Capazes de monitorar o nível de glicose e até de ajudar nas injeções de insulina, equipamentos de monitorização e bombas também têm ganhado espaço. Alguns aparelhos produzem um gráfico com a variação da glicemia ao longo do dia, o que permite fazer ajustes de dose de insulina e refinar o tratamento. No fim de junho a FDA (agência regulatória americana) aprovou um sensor implantável que pode ficar imerso na pele por 90 dias consecutivos.

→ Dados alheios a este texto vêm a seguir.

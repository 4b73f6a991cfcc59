//! The word that a turn changes, as a caller's line shows it.
ghost use Rattle.std.specs.Prelude.{◌≡◌, ◌++◌, OnOk, map, option_map, slice_get, string_bytes};
ghost use Rattle.lab_drawing.specs.Shown.{holders_text, line_showing, owner_text, stage_words};
ghost use Rattle.lab_step_orders.specs.Moments.{shared_of};
ghost use Rattle.lab_step_texts.specs.Shown as shown;
ghost use Rattle.lab_step_texts.specs.Shown.{core_word, line_with, mutex_word, stax_word, step_shown, turn_shown};

use evl_base::{MutexId, Stage, StaxId};
use lab_step_orders::{
    CoreChange, Moment, SharedWord, Taken, Turn, WordStep, count_in, mark_in, number_in, stage_in,
};
use std::alloc::AllocError;

// The words of a stage.
fn stage_words(stage: Stage) -> &'static str
    ensures { result.now ≡ stage_words stage }
{
    match stage {
        Stage::Inband => "in-band",
        Stage::Oob => "out-of-band",
    }
}

// Writes how many are in a stax.
fn put_holders(text: &mut String, count: u16) -> Result<(), AllocError>
    ensures { OnOk result (string_bytes text.new ≡ string_bytes text.old ++ holders_text count) }
{
    write!(text, ", {count}")?;
    if count == 1 {
        text.push_str(" holder")
    } else {
        text.push_str(" holders")
    }
}

// Writes how a stax is.
fn put_stax(text: &mut String, stax: StaxId, word: u64) -> Result<(), AllocError>
    ensures { OnOk result (string_bytes text.new ≡ line_showing (string_bytes text.old) (stax_word stax.0 word)) }
{
    let number = stax.0;
    write!(text, " | stax {number}: ")?;
    let count = count_in(word);
    if count == 0 {
        return text.push_str("free");
    }
    text.push_str(stage_words(stage_in(word)))?;
    put_holders(text, count)
}

// Writes who owns a mutex.
fn put_owner(text: &mut String, number: u64) -> Result<(), AllocError>
    ensures { OnOk result (string_bytes text.new ≡ string_bytes text.old ++ owner_text (shown.owner_in number)) }
{
    if number == 0 {
        return text.push_str("free");
    }
    let owner = number - 1;
    write!(text, "T{owner}")
}

// Writes how a mutex is.
fn put_mutex(text: &mut String, mutex: MutexId, word: u64) -> Result<(), AllocError>
    ensures { OnOk result (string_bytes text.new ≡ line_showing (string_bytes text.old) (mutex_word mutex.0 word)) }
{
    let number = mutex.0;
    write!(text, " | mutex {number}: ")?;
    put_owner(text, number_in(word))?;
    if mark_in(word) {
        text.push_str(", claimed")
    } else {
        Ok(())
    }
}

// Writes who has the core.
fn put_core(text: &mut String, core: Option<Taken>) -> Result<(), AllocError>
    ensures { OnOk result (string_bytes text.new ≡ line_showing (string_bytes text.old) (core_word core)) }
{
    match core {
        Some(taken) => {
            let who = taken.who;
            write!(text, " | core: taken by T{who}")
        }
        None => text.push_str(" | core: free"),
    }
}

// Writes the state of a stax after a line, if it is there.
fn show_stax(text: &mut String, stax: StaxId, gates: &[SharedWord]) -> Result<(), AllocError>
    ensures { OnOk result (string_bytes text.new ≡ line_with (string_bytes text.old) (option_map (λ g. stax_word stax.0 g.word) (slice_get (map shared_of gates.now) stax.0))) }
{
    match gates.get(usize::from(stax.0)) {
        Some(gate) => put_stax(text, stax, gate.word),
        None => Ok(()),
    }
}

// As `show_stax`, of a mutex.
fn show_mutex(text: &mut String, mutex: MutexId, mutexes: &[SharedWord]) -> Result<(), AllocError>
    ensures { OnOk result (string_bytes text.new ≡ line_with (string_bytes text.old) (option_map (λ m. mutex_word mutex.0 m.word) (slice_get (map shared_of mutexes.now) mutex.0))) }
{
    match mutexes.get(usize::from(mutex.0)) {
        Some(one) => put_mutex(text, mutex, one.word),
        None => Ok(()),
    }
}

// Writes the state of the word at which a step is.
fn show_step(text: &mut String, behind: &Moment, step: Option<WordStep>) -> Result<(), AllocError>
    ensures { OnOk result (string_bytes text.new ≡ line_with (string_bytes text.old) (step_shown (map shared_of behind.now.gates.items) (map shared_of behind.now.mutexes.items) step)) }
{
    match step {
        Some(WordStep::AtGate(stax, _)) => show_stax(text, stax, behind.gates.as_slice()),
        Some(WordStep::AtMutex(mutex, _)) => show_mutex(text, mutex, behind.mutexes.as_slice()),
        None => Ok(()),
    }
}

/// Writes after a line the state of the word at this moment that a turn changes, if it changes one.
pub(crate) fn show_turn(text: &mut String, behind: &Moment, turn: Turn) -> Result<(), AllocError>
    ensures { OnOk result (string_bytes text.new ≡ line_with (string_bytes text.old) (turn_shown (map shared_of behind.now.gates.items) (map shared_of behind.now.mutexes.items) behind.now.core turn.core turn.step)) }
{
    match turn.core {
        CoreChange::Takes | CoreChange::Gives => put_core(text, behind.core),
        CoreChange::Ends | CoreChange::Same => show_step(text, behind, turn.step),
    }
}
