//! Why a text isn't gone through step by step.
ghost use Rattle.std.specs.Prelude.{◌≡◌, IfOk, option_map, string_bytes};
ghost use Rattle.lab_scenario_orders.specs.WatchTexts.{when_key};
ghost use Rattle.lab_step_texts.specs.Faults.{step_words, unread_text, unread_words};

use evl_scenario::Fault;
use lab_scenario_orders::When;
use std::alloc::{AllocError, Global};

/// Why a step isn't gone through.
#[derive(Clone, Copy, PartialEq, Eq)]
pub enum StepFault {
    /// The board has no such thread.
    Who,
    /// It is set up, and is no `attach`, or one as quota or weak, or its thread is attached by a step before it.
    Setup,
    /// It is a call that can't be gone through.
    Core,
    /// It unlocks by a name that its caller has for no such lock.
    Pass,
}

impl StepFault {
    /// The words for it.
    pub fn words(self) -> &'static str
        ensures { result.now ≡ step_words self }
    {
        match self {
            StepFault::Who => "who: there is no such thread",
            StepFault::Setup => { "what is set up is attach, once a thread, as fifo or rr" }
            StepFault::Core => {
                "it keeps the core, attaches or detaches its caller, changes its stage or policy, names a mutex's owner, or answers bytes; any other call is known"
            }
            StepFault::Pass =>
                "pass: no step of its caller before it has this name for such a lock",
        }
    }
}

/// A text of a question that isn't facts.
#[derive(Clone, Copy, PartialEq, Eq)]
pub struct Unread {
    /// The key at which it is.
    pub when: When,
    /// Its number among the texts there, from 1.
    pub number: usize,
    /// A word of facts that may be meant.
    pub meant: Option<&'static str>,
}

// The key at which questions stand.
fn when_key(when: When) -> &'static str
    ensures { result.now ≡ when_key when }
{
    match when {
        When::Never => "never_state",
        When::Sometimes => "sometimes",
        When::Always => "always",
    }
}

// Words for a text that isn't facts, and for what may be meant.
fn unread_text(
    alloc: Global,
    number: usize,
    key: &str,
    meant: Option<&'static str>,
) -> Result<String, AllocError>
    ensures { IfOk result (λ words. string_bytes words ≡ unread_text number key.now (option_map (λ word. word.now) meant.entry)) }
{
    match meant {
        Some(word) => {
            format!(in alloc;
                "text {number} of {key} isn't facts, as \"T1 has the core and mutex 0 claimed\"; did you mean \"{word}\"?"
            )
        }
        None => {
            format!(in alloc;
                "text {number} of {key} isn't facts, as \"T1 has the core and mutex 0 claimed\""
            )
        }
    }
}

impl Unread {
    /// The words for it. `AllocError` where memory couldn't grow.
    pub fn words(self, alloc: Global) -> Result<String, AllocError>
        ensures { IfOk result (λ words. string_bytes words ≡ unread_words self) }
    {
        unread_text(alloc, self.number, when_key(self.when), self.meant)
    }
}

/// Why a text isn't gone through.
#[derive(Clone, Copy, PartialEq, Eq)]
pub enum StepsFault {
    /// It can't be read as one of callers; the steps that are set up are counted too.
    Text(Fault),
    /// A step is before one that is set up.
    Mixed,
    /// A mutex of the board nests, or has a ceiling.
    Mutex,
    /// It has more steps than its history's limit, those that are set up counted too.
    Limit,
    /// This line, from 1, of `[what_if]` names no wrong step, or not as `true`, or a second one.
    WhatIf(usize),
    /// This line, from 1, sets `lasts` outside a step, or once more in one.
    Lasts(usize),
    /// This line, from 1, of `[ask]` asks of moments, and isn't texts in brackets.
    Question(usize),
    /// A text of this line isn't facts.
    Facts(usize, Unread),
    /// This one asks of a thread, a stax or a mutex that the board lacks.
    Lacking(usize),
    /// The step with this number, from 1, those that are set up counted too.
    Step(usize, StepFault),
}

Um estudo da empresa Abbott apresentado no ADA mostrou que um monitoramento frequente pode ajudar a reduzir o tempo do paciente em hipoglicema, outro fantasma para quem depende de insulina.
As bombas são especialmente úteis para pacientes com diabetes tipo 1 e, no país, muitas pessoas têm obtido acesso a elas por meio de decisões da Justiça.
Muitos profissionais de saúde, porém, tendem a fugir dos medicamentos por causa do perigo de interações com outras drogas e dos efeitos colaterais. O caminho padrão ainda é a mudança dos hábitos de vida: comer melhor (e, geralmente, menos) e praticar exercícios físicos; a obesidade também agrava a condição.
A favor dessa abordagem está o fato de que a contração muscular promovida nos exercícios e a perda de peso fazem o organismo responder melhor à insulina, ou seja, pode retardar a introdução de medicamentos ou reduzir a dose de quem já está em tratamento, embora os médicos concordam que mudanças do estilo de vida sejam apenas o mínimo a ser feito.
Por fim, existe a possibilidade de realizar uma cirurgia bariátrica (chamada de metabólica quando o objetivo é combater o diabetes) para resolver o problema. Apesar da agressividade e da grande chance de resolução, é necessário um enorme esforço posterior do paciente para atingir as diversas metas propostas, que também incluem ingestão de vitaminas e manejo da saúde mental, além do tratamento do diabetes propriamente dito.